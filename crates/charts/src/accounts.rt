// A set of accounts, one bit each in eight words. What speaks of two sets costs a step for each word, the rest
// one step.
ghost use Rattle.std.specs.Prelude.{◌≡◌, ℕ, true, false, not, ◌&&◌, ◌||◌, ◌<◌, Decides, ◌==◌, nat_lt};
ghost use Rattle.charts.specs.Members.{bit, member};

use terms::ACCOUNTS;

#[derive(Clone, Copy, Debug, PartialEq, Eq, Default)]
pub struct Accounts {
    words: [u64; 8],
}

impl Accounts {
    pub fn none() -> Accounts
        ensures { (a : ℕ) → member result a ≡ false }
    {
        Accounts::default()
    }

    pub fn contains(&self, account: u16) -> bool
        ensures { result ≡ member self.now account }
    {
        self.words
            .get(usize::from(account / 64))
            .is_some_and(|word| (word >> (account % 64)) & 1 == 1)
    }

    // Puts the account in, and tells whether it is new; a number that is no account is left out.
    pub fn insert(&mut self, account: u16) -> bool
        ensures value { result ≡ (nat_lt account 512 && not (member self.old account)) }
        ensures after { (b : ℕ) → member self.new b ≡ (member self.old b || (b == account && nat_lt b 512)) }
    {
        if account >= ACCOUNTS || self.contains(account) {
            return false;
        }
        self.words[usize::from(account / 64)] |= 1 << (account % 64);
        true
    }

    // Puts in all accounts of another set, and tells whether one is new.
    pub fn absorb(&mut self, other: &Accounts) -> bool
        ensures after { (b : ℕ) → member self.new b ≡ (member self.old b || member other.now b) }
        ensures new { result ≡ true → (b : ℕ) × (member self.old b ≡ false) × (member self.new b ≡ true) }
        ensures same { result ≡ false → (b : ℕ) → member self.new b ≡ member self.old b }
    {
        let before = *self;
        // By number: of words that are changed through `iter_mut` a proof knows how many there are, and no more.
        for (k, more) in other.words.iter().enumerate() {
            self.words[k] |= more;
        }
        *self != before
    }

    // Whether an account is in both sets.
    pub fn meets(&self, other: &Accounts) -> bool
        ensures { Decides result ((b : ℕ) × (member self.now b ≡ true) × (member other.now b ≡ true)) }
    {
        self.words
            .iter()
            .zip(&other.words)
            .any(|(word, more)| share_a_bit(*word, *more))
    }
}

fn share_a_bit(word: u64, more: u64) -> bool
    ensures { Decides result ((j : ℕ) × (j < 64) × (bit word j ≡ true) × (bit more j ≡ true)) }
{
    word & more != 0
}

- [TASK REQUIREMENTS]:
How many lines of the material contain the string "more"? Answer with the number and nothing else.

- [TASK ANSWER]:
7